I can get Roundup PowerMax for a real good price bulk in a tote 250 gallon package. Some of the ball packaging I used before it was a pia to get it out of the container measure it out. The tote has a valve on the bottom some people would lift it up tapping into a jug and fill 5 jugs and poured into their sprayer. I would also Imagine a pump with a meter on is very pricey. Anyone have any experience getting product from a 250 gallon tote and accurately measuring it and putting it into a sprayer


----------



## Lewis Ranch (Jul 15, 2013)

I have a pump with a meter. Expensive up front but it nearly pays for itself on the first tote purchase. I've already emptied 5 bulk tanks this season so it's way money ahead. Bulk pricing here is $3-7 a gallon cheaper and even on the low end your saving $800 on a tote and I think the pump was only $700 is with the meter.


----------



## mlappin (Jun 25, 2009)

Ditto here, we actually have a smaller round up tote we use with pump. Fits on the truck better than a 250 gallon tote. We just grab it with a forklift and fill the smaller one.


----------



## Lewis Ranch (Jul 15, 2013)

I also have one like mlappin speaks of, holds 120 gallons and has pump built into tank lid. Very handy and it generally stays on the flatbed


----------



## endrow (Dec 15, 2011)

Lewis Ranch said:


> I also have one like mlappin speaks of, holds 120 gallons and has pump built into tank lid.
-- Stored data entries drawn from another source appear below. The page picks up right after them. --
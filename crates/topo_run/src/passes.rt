//! Lists of commands, carried out by the passes of one service.

ghost use Rattle.std.specs.Prelude.{◌≡◌, ◌+◌, ◌<◌, ◌≤◌, ℕ, List, [], All};
ghost use Rattle.std.specs.Prelude.{IfErr, IfOk, OnOk, Some, length, true};
ghost use Rattle.std.specs.Arc.{arc_value};
ghost use Rattle.topo_core.specs.History.{IsRun};
ghost use Rattle.topo_price.specs.Prices.{prices_of};
ghost use Rattle.topo_run.specs.Working.{AreOpened, HaveWorked, IsOfOpening, IsOfRun};
ghost use Rattle.topo_run.specs.Working.{IsOfService};
ghost use Rattle.topo_core.specs.declared.limits.TheConstants.{MAX_PASSES};

use crate::alone::outcome_alone;
use crate::outcome::{RunOutcome, outcome_of};
use std::alloc::Global;
use std::marker::Brand;
use std::sync::{Arc, Wait};
use std::thread::Threads;
use topo_core::calls::Command;
use topo_core::limits::MAX_PASSES;
use topo_core::listed::Listed;
use topo_io::RunFault;
use topo_picture::Picture;
use topo_price::tariff::{PriceFn, Tariff};
use topo_service::{EndFault, FreshService, Gate, Pass, Service, WorkerEnd, run_workers};
use topo_versions::ServiceBrand;

/// The next pass of a service.
fn open_pass<F: PriceFn + Drop, K: ServiceBrand<F>>(
    service: &mut Service<F, K>,
) -> Result<Pass<F, K>, RunFault>
    ensures number { IfOk result (λ p. p.number ≡ service.old.given) }
    ensures receipts { IfOk result (λ p. p.receipts ≡ []) }
    ensures given { IfOk result (λ p. service.new.given ≡ service.old.given + 1) }
    ensures seat { IfOk result (λ p. service.old.given < MAX_PASSES) }
    ensures same { service.new.tariff ≡ service.old.tariff }
    ensures fault { IfErr result (λ fault. fault ≡ RunFault.NoSeat) }
{
    match service.pass() {
        Ok(pass) => Ok(pass),
        Err(_) => Err(RunFault::NoSeat),
    }
}

/// The first passes of a service, so many of them.
fn open_passes<F: PriceFn + Drop, K: ServiceBrand<F>>(
    alloc: Global,
    service: &mut Service<F, K>,
    count: usize,
) -> Result<Vec<Pass<F, K>>, RunFault>
    requires { service.old.given ≡ 0 }
    ensures opened { IfOk result (λ passes. AreOpened passes.items) }
    ensures count { IfOk result (λ passes. length passes.items ≡ count) }
    ensures given { IfOk result (λ passes. service.new.given ≡ count) }
    ensures seats { IfOk result (λ passes. count ≤ MAX_PASSES) }
    ensures same { service.new.tariff ≡ service.old.tariff }
    ensures fault { IfErr result (IsOfOpening count) }
{
    let mut passes = Vec::new(alloc);
    for _i in 0..count {
        let pass = open_pass(service)?;
        if passes.push(pass).is_err() {
            return Err(RunFault::Memory);
        }
    }
    Ok(passes)
}

/// Whether each list was carried out to its end.
fn are_done(ends: &[WorkerEnd]) -> bool
    ensures { result ≡ true → All (λ end. end ≡ WorkerEnd.Done) ends.now }
{
    for end in ends {
        match end {
            WorkerEnd::Done => {}
            WorkerEnd::OutOfMemory(_) => return false,
        }
    }
    true
}

/// Carries the lists out, each with a pass of its own.
fn run_all<
    F: PriceFn + Drop + Send + Sync,
    K: ServiceBrand<F> + Send + Sync,
    R: Threads + Wait + Sync,
    T: Gate,
>(
    rt: &R,
    alloc: Global,
    service: &mut Service<F, K>,
    lists: &[Listed<Command>],
    gate: &T,
) -> Result<Vec<Pass<F, K>>, RunFault>
    requires { service.old.given ≡ 0 }
    ensures worked { IfOk result (λ passes. HaveWorked lists.now passes.items) }
    ensures given { IfOk result (λ passes. service.new.given ≡ length passes.items) }
    ensures seats { IfOk result (λ passes. length lists.now ≤ MAX_PASSES) }
    ensures same { service.new.tariff ≡ service.old.tariff }
    ensures fault { IfErr result (IsOfOpening (length lists.now)) }
{
    let mut passes = open_passes(alloc, service, lists.len())?;
    let ran = run_workers(rt, alloc, &*service, passes.as_mut_slice(), lists, gate);
    let Ok(ends) = ran else {
        return Err(RunFault::Memory);
    };
    if are_done(ends.as_slice()) {
        Ok(passes)
    } else {
        Err(RunFault::Memory)
    }
}

/// Runs the lists on a new service, from the start and at the prices that K names: the history, and
/// the picture at the end.
fn serve<
    F: PriceFn + Drop + Send + Sync,
    K: ServiceBrand<F> + Send + Sync,
    R: Threads + Wait + Sync,
    T: Gate,
>(
    rt: &R,
    alloc: Global,
    fresh: FreshService,
    beginning: (Picture, Arc<Tariff<F>>),
    lists: &[Listed<Command>],
    gate: &T,
) -> Result<RunOutcome, RunFault>
    requires ledger { (fresh.blank.name ≡ K.name) × (fresh.blank.parts ≡ K.parts) }
    requires parts { K.parts ≡ MAX_PASSES }
    requires list { fresh.log.seen.book ≡ K.book }
    requires start { beginning.0 ≡ K.start }
    requires prices { K.closure ≡ Some (arc_value beginning.1) }
    ensures run { IfOk result
        (λ outcome. IsRun (prices_of (F.may_return (arc_value beginning.1)))
        beginning.0.limits beginning.0.rows lists.now outcome.history
        outcome.picture) }
    ensures seats { OnOk result (length lists.now ≤ MAX_PASSES) }
    ensures fault { IfErr result (IsOfService lists.now) }
{
    let (start, tariff) = beginning;
    let places = lists.len().max(1).min(MAX_PASSES as usize) as u32;
    let Ok(mut service) = Service::<F, K>::with_places(alloc, fresh, start, tariff, places) else {
        return Err(RunFault::Memory);
    };
    match run_all(rt, alloc, &mut service, lists, gate) {
        Ok(passes) => match service.close(rt, passes) {
            Ok(book) => outcome_of(alloc, book),
            Err(end) => match end.fault {
                EndFault::PassMissing(_) => unreachable!(),
                EndFault::Mismatch(number, k) => Err(RunFault::Mismatch(number, k)),
            },
        },
        Err(fault) => {
            let _ = service.close(rt, Vec::new(alloc));
            Err(fault)
        }
    }
}

/// Carries out the lists on a new service, each in a thread of its own.
fn run_together<F: PriceFn + Drop + Send + Sync, R: Threads + Wait + Sync, T: Gate>(
    rt: &R,
    alloc: Global,
    start: Picture,
    tariff: Arc<Tariff<F>>,
    lists: &[Listed<Command>],
    gate: &T,
) -> Result<RunOutcome, RunFault>
    ensures run { IfOk result (λ outcome. IsRun (prices_of (F.may_return (arc_value tariff)))
        start.limits start.rows lists.now outcome.history outcome.picture) }
    ensures seats { OnOk result (length lists.now ≤ MAX_PASSES) }
    ensures fault { IfErr result (IsOfService lists.now) }
{
    let fresh = FreshService::new();
    serve::<F, Brand, R, T>(rt, alloc, fresh, (start, tariff), lists, gate)
}

/// Carries out lists of commands from a start, each in a thread of its own, and says what they have
/// led to. One list alone is carried out on a book, as it stands.
pub(crate) fn run_lists<F: PriceFn + Drop + Send + Sync, R: Threads + Wait + Sync, T: Gate>(
    rt: &R,
    alloc: Global,
    start: Picture,
    tariff: Arc<Tariff<F>>,
    lists: &[Listed<Command>],
    gate: &T,
) -> Result<RunOutcome, RunFault>
    ensures run { IfOk result (λ outcome. IsRun (prices_of (F.may_return (arc_value tariff)))
        start.limits start.rows lists.now outcome.history outcome.picture) }
    ensures seats { OnOk result (length lists.now ≤ MAX_PASSES) }
    ensures fault { IfErr result (IsOfRun lists.now) }
{
    match lists {
        [list] => outcome_alone(alloc, start, tariff, list.as_slice(), gate),
        _ => run_together(rt, alloc, start, tariff, lists, gate),
    }
}
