//! Runs of scripts.

ghost use Rattle.std.specs.Prelude.{◌≤◌, IfErr, IfOk, OnOk, length};
ghost use Rattle.std.specs.Arc.{arc_value};
ghost use Rattle.topo_core.specs.declared.limits.TheConstants.{MAX_PASSES};
ghost use Rattle.topo_run.specs.Runs.{FailsRun, IsReportOf};
ghost use Rattle.topo_io.specs.Settings.{AnswersPrices};

use crate::passes::run_lists;
use std::alloc::Global;
use std::sync::{Arc, Wait};
use std::thread::Threads;
use topo_core::listed::Listed;
use topo_io::RunFault;
use topo_io::settings::{Setting, validate};
use topo_price::tariff::{PriceFn, Tariff};
use topo_script::{Report, Script};
use topo_service::Gate;

/// Carries out the lists of a script from its start, each list in a thread of its own, or in its
/// turn where no thread can be made. The tariff answers the script's prices; it may be a closure of
/// a program's own. A command is carried out between the gate's calls for it. A planned insertion of
/// several lists may look for its route on a version of the picture before it takes the lock. A
/// refused command is entered and changes nothing, and the run goes on. The fault is the first of
/// the script's limits, its prices and its start. If they have none, it is NoSeat if there are more
/// than `MAX_PASSES` lists, Memory if any of it was out of memory, also in one of the threads, and
/// Mismatch if a receipt is not in the history, with the places of its list and of its command. One
/// list alone is carried out in this thread, where a planned insertion is an insertion, and its only
/// such fault is Memory.
pub fn run_script<F: PriceFn + Drop + Send + Sync, R: Threads + Wait + Sync, T: Gate>(
    rt: &R,
    alloc: Global,
    script: &Script,
    tariff: Arc<Tariff<F>>,
    gate: &T,
) -> Result<Report, RunFault>
    requires { AnswersPrices (F.may_return (arc_value tariff)) script.now.prices }
    ensures report { IfOk result (IsReportOf script.now) }
    ensures seats { OnOk result (length script.now.workers ≤ MAX_PASSES) }
    ensures fault { IfErr result (FailsRun script.now) }
{
    let prices = script.prices.as_slice();
    let Setting { table: _, start } = validate(
        alloc,
        script.limits,
        prices,
        script.start.as_ref(),
    )?;
    let (Ok(prices), Ok(rows)) = (Vec::from_slice(alloc, prices), start.rows(alloc)) else {
        return Err(RunFault::Memory);
    };
    let outcome = run_lists(rt, alloc, start, tariff, script.workers.as_slice(), gate)?;
    Ok(Report {
        limits: script.limits,
        prices: Listed::from_vec(prices),
        start: rows,
        history: outcome.history,
        picture: outcome.picture,
    })
}
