//! Insertions with plans that nobody searched for, and with plans of another picture.

use crate::harness::{Start, TestRuntime, Work, is_due, told_of};
use crate::steps::{Step, Steps};
use std::process::Abort;
use std::test::Fail;
use topo_core::calls::Call;
use topo_core::darts::{Dart, Way};
use topo_test_support::calls::{delete, grow};
use topo_test_support::plans::{LEAST_HEIGHTS, dart, invented};
use topo_test_support::prices::FIVE_TWO_NINE;

/// What these steps tell of a service that begins with the bipyramid.
fn told<R: TestRuntime>(rt: &R, work: Work<'_>, steps: Steps<'_>) -> Result<String, Fail> {
    let prices = (Some(1), FIVE_TWO_NINE);
    told_of(rt, Start::Bipyramid, prices, work, steps)
}

/// What is told of an insertion with a plan that has the ends and the price of the first route, and
/// the picture after it, is what is due.
fn is_told_of<R: TestRuntime>(
    rt: &R,
    crossed: Dart,
    heights: &[u64],
    due: &str,
) -> Result<(), Fail> {
    let plan = invented(rt.alloc(), 2, crossed, 2, 2, heights)?;
    let steps = [(0, Step::InsertGiven(3, 4)), (0, Step::Rows)];
    let told = told(rt, Work::Given(&plan), &steps);
    drop(plan);
    let told = told?;
    is_due(rt, told.as_str(), due);
    Ok(())
}

/// What is told of all invented plans is what is due: of the dart that the first route crosses,
/// with the least heights of which one is raised, with the least heights, and with others that
/// prove nothing; and of a dart that is not there.
fn is_told_of_all<R: TestRuntime>(rt: &R, due: &str) -> Result<(), Fail> {
    for at in 0..LEAST_HEIGHTS.len() {
        let mut heights = LEAST_HEIGHTS;
        heights[at] = heights[at].wrapping_add(1);
        is_told_of(rt, dart(1, 0, Way::Back), &heights, due)?;
    }
    is_told_of(rt, dart(1, 0, Way::Back), &LEAST_HEIGHTS, due)?;
    is_told_of(rt, dart(1, 0, Way::Back), &[u64::MAX; 18], due)?;
    is_told_of(rt, dart(1, 0, Way::Back), &[0; 18], due)?;
    is_told_of(rt, dart(99, 0, Way::Forward), &LEAST_HEIGHTS, due)
}

/// The text begins and ends so.
fn has_ends(rt: &impl Abort, told: &str, begins: &str, ends: &str) {
    assert!(rt; told.starts_with(begins), "{told}");
    assert!(rt; told.ends_with(ends), "{told}");
}

/// What is told of an edge between the apexes without a plan begins so.
const JOINED: &str = "Inserted(Inserted { id: EdgeId(9), route: Route { start: 2, \
    crossed: Listed { items: [Dart { edge: EdgeId(1), seg: 0, way: Back }] }, \
    end: 2 }, price: 2 })\n";

#[test]
fn an_invented_plan_changes_no_answer(rt: HostRuntime) -> Result<(), Fail> {
    let due = told(&rt, Work::Nothing(2), &[(0, JOIN), (0, Step::Rows)])?;
    has_ends(&rt, due.as_str(), JOINED, "; 1 calls, replayed: true");
    is_told_of_all(&rt, due.as_str())
}

/// An edge between the apexes, without a plan.
const JOIN: Step = Step::Make(Call::Insert {
    u: 3,
    v: 4,
    kind: 0,
});

/// What is told of a plan of the picture at the start, where then an edge that it crosses is taken
/// out and another grown, so that there are as many darts as before, and of an insertion.
fn told_of_late<R: TestRuntime>(rt: &R, insertion: Step) -> Result<String, Fail> {
    let deletion = Step::Make(delete(1));
    let growth = Step::Make(grow(3));
    told(
        rt,
        Work::Nothing(2),
        &[
            (0, Step::Plan(3, 4)),
            (0, deletion),
            (0, growth),
            (0, insertion),
            (0, Step::Rows),
        ],
    )
}

/// What is told first of a plan that comes late.
const LATE: &str = "planned for 2\n\
    Deleted(EdgeId(1))\n\
    Grown { vertex: VertexId(5), edge: EdgeId(9) }\n\
    Inserted(Inserted { id: EdgeId(10), ";

/// The edge is put in by the plan or without it.
#[test]
fn a_plan_of_another_picture_changes_no_answer(rt: HostRuntime) -> Result<(), Fail> {
    let due = told_of_late(&rt, JOIN)?;
    has_ends(&rt, due.as_str(), LATE, "; 3 calls, replayed: true");
    let late = told_of_late(&rt, Step::InsertPlanned(3, 4, 0))?;
    is_due(&rt, late.as_str(), due.as_str());
    drop((late, due));
    Ok(())
}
Very handy and it generally stays on the flatbed


I would like to buy a tank like that the dealer gives me one to loan for when I spray halex gt , they wont give me one for powermax . I like that idea mlappin


----------



## PaMike (Dec 7, 2013)

I have a tote tank with the valve adapted down to garden hose fitting. Cost about $15 for the fittings at Paul B. A short piece of hose into a container and you are good to go. Once the tote gets down to less than quarter you usually have to lift the tote up in the air so the container is low enough...


----------